For all its strengths, the work is not without its faults. In some cases, the author fails to divulge the deeper meanings or alternate uses of words. For example, "Heavily Indebted Poor Countries" rightfully merits a new entry in this edition, particularly with the debate that it caused in Ghana, but the author describes it in the economic sense only and does not cite its popular and often satirical context to define things such as a road junction or a personal feeling. "Going HIPC" (pronounced Hipic) and "HIPC Junction" became common phrases in and around Accra. In other cases, there are problems of organization. Readers interested in religion will find an entry for "Christianity" but none for Islam, a topic that is located under the heading "Muslims" instead. These are not catastrophic failures but they do take away from the overall serviceability of the work. The effectiveness of the book, however, is improved dramatically by a new cross-referencing format that provides links to entries in bold, thus allowing the reader to delve more deeply into related issues than was possible in earlier editions.

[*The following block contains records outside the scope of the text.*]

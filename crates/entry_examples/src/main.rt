// Calls of the entry points, on any state, from a script on standard input; the file stdout has what document 01 gives.
// A line is a letter, and for some a tab and upper-case hex:
// C: a call, its code, its value (two bytes) and the frame; J, O: the length of the memory and of the reply buffer that calls hand in;
// M, T: memory and state from a place on (two bytes, then bytes);
// and, alone, N: the fresh tag; Z: the state; E: the CRC of all memory bytes and that of all reply bytes.
#![tactic(auto)]

use model::Answer;
use refusals::Refusal;
use std::io;
use std::io::{Read, Write};
use tag::Tag;

#[derive(Clone, Copy)]
struct EntryRun {
    tag: Tag,
    // How much of each buffer a call hands in.
    memory: usize,
    reply: usize,
    // Lines before this one.
    number: u64,
}

// More than a call needs of each, so that a call can hand in too much.
const MEMORY: usize = 1100;

const REPLY: usize = 700;

// A line's bytes: a place and the whole memory.
const LINE: usize = 1102;

// What a line prints: that it is none of these, a call's answer, the state, or the two CRCs.
#[derive(Clone, Copy)]
enum EntryPrint {
    Bad,
    Answer(Answer),
    State,
    Crcs,
}

// What a line leaves.
#[derive(Clone, Copy)]
struct EntryLineOutcome {
    run: EntryRun,
    said: EntryPrint,
}

fn begin() -> EntryRun {
    EntryRun {
        tag: Tag::fresh(example_lines::uid()),
        memory: tag::MEMORY_BYTES,
        reply: tag::REPLY_BYTES,
        number: 0,
    }
}

fn with_tag(run: EntryRun, t: Tag) -> EntryRun {
    EntryRun { tag: t, ..run }
}

fn says(run: EntryRun, said: EntryPrint) -> EntryLineOutcome {
    EntryLineOutcome { run, said }
}

// A line that is none of these.
fn bad(run: EntryRun) -> EntryLineOutcome {
    says(run, EntryPrint::Bad)
}

fn nothing(run: EntryRun) -> EntryLineOutcome {
    says(run, EntryPrint::Answer(Answer::Nothing))
}

// The fresh tag; a refusal leaves the tag that there was.
fn fresh(run: EntryRun, m: &mut [u8]) -> EntryLineOutcome {
    let size = run.memory;
    if m.len() < size {
        return bad(run);
    }
    let o = model::fresh(example_lines::uid(), &mut m[0..size]);
    let a = o.answer;
    match a {
        Answer::Refused(why) => says(run, EntryPrint::Answer(Answer::Refused(why))),
        _ => {
            let t = o.tag;
            nothing(with_tag(run, t))
        }
    }
}

// A call and its answer.
fn call(run: EntryRun, m: &mut [u8], out: &mut [u8], bytes: &[u8]) -> EntryLineOutcome {
    if bytes.len() < 3 {
        return bad(run);
    }
    let memory = run.memory;
    let reply = run.reply;
    if m.len() < memory {
        return bad(run);
    }
    if out.len() < reply {
        return bad(run);
    }
    let code = parts::byte_at(bytes, 0);
    let value = example_states::word_at(bytes, 1);
    let t = run.tag;
    let o = model::step(
        t,
        &mut m[0..memory],
        &mut out[0..reply],
        code as u32,
        value as u32,
        &bytes[3..],
    );
    let a = o.answer;
    let after = o.tag;
    says(with_tag(run, after), EntryPrint::Answer(a))
}

// How much of a buffer of `most` bytes calls hand in from here on.
fn lent(run: EntryRun, kind: u8, bytes: &[u8], most: usize) -> EntryLineOutcome {
    let size = example_states::word_at(bytes, 0) as usize;
    if bytes.len() != 2 {
        return bad(run);
    }
    if most < size {
        return bad(run);
    }
    if kind == b'J' {
        return nothing(EntryRun {
            memory: size,
            ..run
        });
    }
    nothing(EntryRun { reply: size, ..run })
}

fn memory(run: EntryRun, m: &mut [u8], bytes: &[u8]) -> EntryLineOutcome {
    if example_states::store(m, bytes) {
        return nothing(run);
    }
    bad(run)
}

fn patch(run: EntryRun, bytes: &[u8]) -> EntryLineOutcome {
    match example_states::patch(run.tag, bytes) {
        Some(t) => nothing(with_tag(run, t)),
        None => bad(run),
    }
}

// A letter with bytes.
fn given(run: EntryRun, kind: u8, m: &mut [u8], out: &mut [u8], bytes: &[u8]) -> EntryLineOutcome {
    match kind {
        b'C' => call(run, m, out, bytes),
        b'J' => lent(run, kind, bytes, MEMORY),
        b'O' => lent(run, kind, bytes, REPLY),
        b'M' => memory(run, m, bytes),
        b'T' => patch(run, bytes),
        _ => bad(run),
    }
}

// A letter alone.
fn alone(run: EntryRun, kind: u8, m: &mut [u8]) -> EntryLineOutcome {
    match kind {
        b'N' => fresh(run, m),
        b'Z' => says(run, EntryPrint::State),
        b'E' => says(run, EntryPrint::Crcs),
        _ => bad(run),
    }
}

// What a line does, and what it prints.
fn act(
    run: EntryRun,
    s: &[u8],
    m: &mut [u8],
    out: &mut [u8],
    bytes: &mut [u8],
) -> EntryLineOutcome {
    let kind = parts::byte_at(s, 0);
    if s.len() == 1 {
        return alone(run, kind, m);
    }
    if lines::has_bytes(s) {
        let n = lines::line_bytes(s, bytes);
        if bytes.len() < n {
            return bad(run);
        }
        return given(run, kind, m, out, &bytes[0..n]);
    }
    bad(run)
}

fn put_refusal(text: &mut [u8], at: usize, why: Refusal) -> usize {
    let number = text::put_mark(text, at, b'!');
    text::put_decimal(text, number, why.number() as u64)
}

fn put_answer(text: &mut [u8], at: usize, answer: Answer, out: &[u8]) -> usize {
    match answer {
        Answer::Refused(why) => put_refusal(text, at, why),
        Answer::Nothing => text::put_mark(text, at, b'-'),
        Answer::Ack => text::put_mark(text, at, b'A'),
        Answer::NoAck => text::put_mark(text, at, b'N'),
        Answer::Byte(x) => hexadecimal::put_byte(text, at, x),
        Answer::Silence => text::put_mark(text, at, b'.'),
        Answer::Reply(n) => hexadecimal::put_hex(text, at, out, n),
    }
}

fn put_crcs(text: &mut [u8], at: usize, m: &[u8], out: &[u8]) -> usize {
    let second = hexadecimal::put_word(text, at, crc::crc(m));
    hexadecimal::put_word(text, second, crc::crc(out))
}

fn put_said(text: &mut [u8], at: usize, said: EntryPrint, t: Tag, m: &[u8], out: &[u8]) -> usize {
    match said {
        EntryPrint::Bad => text::put_mark(text, at, b'?'),
        EntryPrint::Answer(a) => put_answer(text, at, a, out),
        EntryPrint::State => example_states::put_state(text, at, t),
        EntryPrint::Crcs => put_crcs(text, at, m, out),
    }
}

// A line: its number, a tab, its answer.
fn print<W: Write>(
    to: &mut W,
    number: u64,
    said: EntryPrint,
    t: Tag,
    m: &[u8],
    out: &[u8],
) -> io::Result<()> {
    let mut text = [0u8; example_lines::ANSWER];
    let answer = example_lines::put_number(&mut text, number);
    let feed = put_said(&mut text, answer, said, t, m, out);
    example_lines::write_line(to, &mut text, feed)
}

fn line<W: Write>(
    to: &mut W,
    run: EntryRun,
    s: &[u8],
    m: &mut [u8],
    out: &mut [u8],
    bytes: &mut [u8],
) -> io::Result<EntryRun> {
    let number = run.number.wrapping_add(1);
    let EntryLineOutcome { run, said } = act(run, s, m, out, bytes);
    print(to, number, said, run.tag, m, out)?;
    Ok(EntryRun { number, ..run })
}

// All lines of s, as far as they can be written. The place moves by a line at a time, and no iterator of std's has lines
// as the definition has them.
fn lines<W: Write>(
    to: &mut W,
    s: &[u8],
    m: &mut [u8],
    out: &mut [u8],
    bytes: &mut [u8],
) -> io::Result<()> {
    let mut r = begin();
    let mut at = 0;
    while at < s.len() {
        r = line(to, r, example_lines::line_at(s, at), m, out, bytes)?;
        at = example_lines::next_at(s, at);
    }
    Ok(())
}

// A script, read into a lent buffer: all of its lines.
fn script<R: Read, W: Write, E: Write>(
    from: &mut R,
    to: &mut W,
    err: &mut E,
    input: &mut [u8; example_lines::SCRIPT],
) {
    let n = example_lines::read_script(from, err, input);
    let mut m = [0u8; MEMORY];
    let mut out = [0u8; REPLY];
    let mut bytes = [0u8; LINE];
    if lines(to, &input[..n], &mut m, &mut out, &mut bytes).is_err() {
        example_lines::report(err);
    }
}

fn main(rt: HostRuntime) {
    let mut from = rt.stdin();
    let mut to = rt.stdout();
    let mut err = rt.stderr();
    let mut input = [0u8; example_lines::SCRIPT];
    script(&mut from, &mut to, &mut err, &mut input);
}
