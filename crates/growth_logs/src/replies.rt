//! Replies of a core.

use admission::{
    AdmitRefusal, ChangeRefusal, RegisterRefusal, ReloadRefusal, Reply, UnregisterRefusal,
};
use gk_lines::LineBuffer;
use gk_protocol::Answer;
use gk_protocol::answer_lines::show;

/// Whether a reply says that memory ran out.
pub fn lacks_memory(reply: &Reply) -> bool {
    match reply {
        Reply::RegisterRefused { reason, .. } => *reason == RegisterRefusal::NoMemory,
        Reply::UnregisterRefused { reason, .. } => *reason == UnregisterRefusal::NoMemory,
        Reply::AdmitRefused { reason, .. } => *reason == AdmitRefusal::NoMemory,
        Reply::ChangeRefused { reason, .. } => *reason == ChangeRefusal::NoMemory,
        Reply::ReloadRefused { reason } => *reason == ReloadRefusal::NoMemory,
        _ => false,
    }
}

/// Makes it the line of a reply of this number, without a line feed.
pub fn show_reply(line: &mut LineBuffer, number: u32, reply: Reply) {
    let mut shown = LineBuffer::new();
    let sequence = number;
    show(&mut shown, &Answer::Reply { sequence, reply });
    line.begin(shown.content());
}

Although the work devotes greater attention to cultural and social issues, the new entries are sometimes written more like those found in an encyclopedia. Utilizing cross-references liberally, entries for "Music" and "Literature" provide ample information, but they seem almost to be add-ons and suffer from occasional organizational, editing, and cross-referencing errors. "Music" provides cross-references to Ephraim Amo, a link that can be found under the correct spelling of his surname (Amu) and another to E. T. Mensah, whose individual entry fails to appear at all. Highlife, one of Ghana's most prominent music forms, is mentioned under "Music," but does not receive any individual treatment. It is understandable that there are no entries for less prominent music forms, but Ghana's musical legacy is derived in large part from the success and pervasiveness of highlife and certainly it deserves to stand on its own. In general, Owusu-Ansah does not cover some of the new topics with the same attention to detail with which he manages the others.
There are also problems of omission, but these may be in the eyes of this reviewer only. Dance, theater, and cinema merit attention but are not included. Under "Media," the author gives a brief overview of the history of newspapers, yet he fails to elaborate on government control of the media during the independence era, particularly the much-talked-about culture of silence that gripped Ghanaians during the 1980s. Almost as surprising is the absence of information on radio and television, media forms that have exploded in popularity during the last fifteen years. For the reader interested in gaining more current perspectives on Ghanaian culture and society, these would be helpful additions.
Scarecrow Press is to be commended for publishing twenty new and revised dictionaries in the Historical Dictionaries of Africa series since the turn of the millennium. In each case, they are timely and represent places of interest for academics and general readers alike. Ghana fits this bill as a stable and democratic country that has seen enormous progress since the release of the previous edition in 1995. Given that scholarship on Ghana continues to grow at a rapid pace, Owusu-Ansah does a praiseworthy job of amassing a considerable amount of new information and presenting it in an accessible format. Accepting its limitations, this latest edition provides comprehensive updates and is an invaluable reference tool that everyone interested in Ghanaian history and culture should keep close at hand.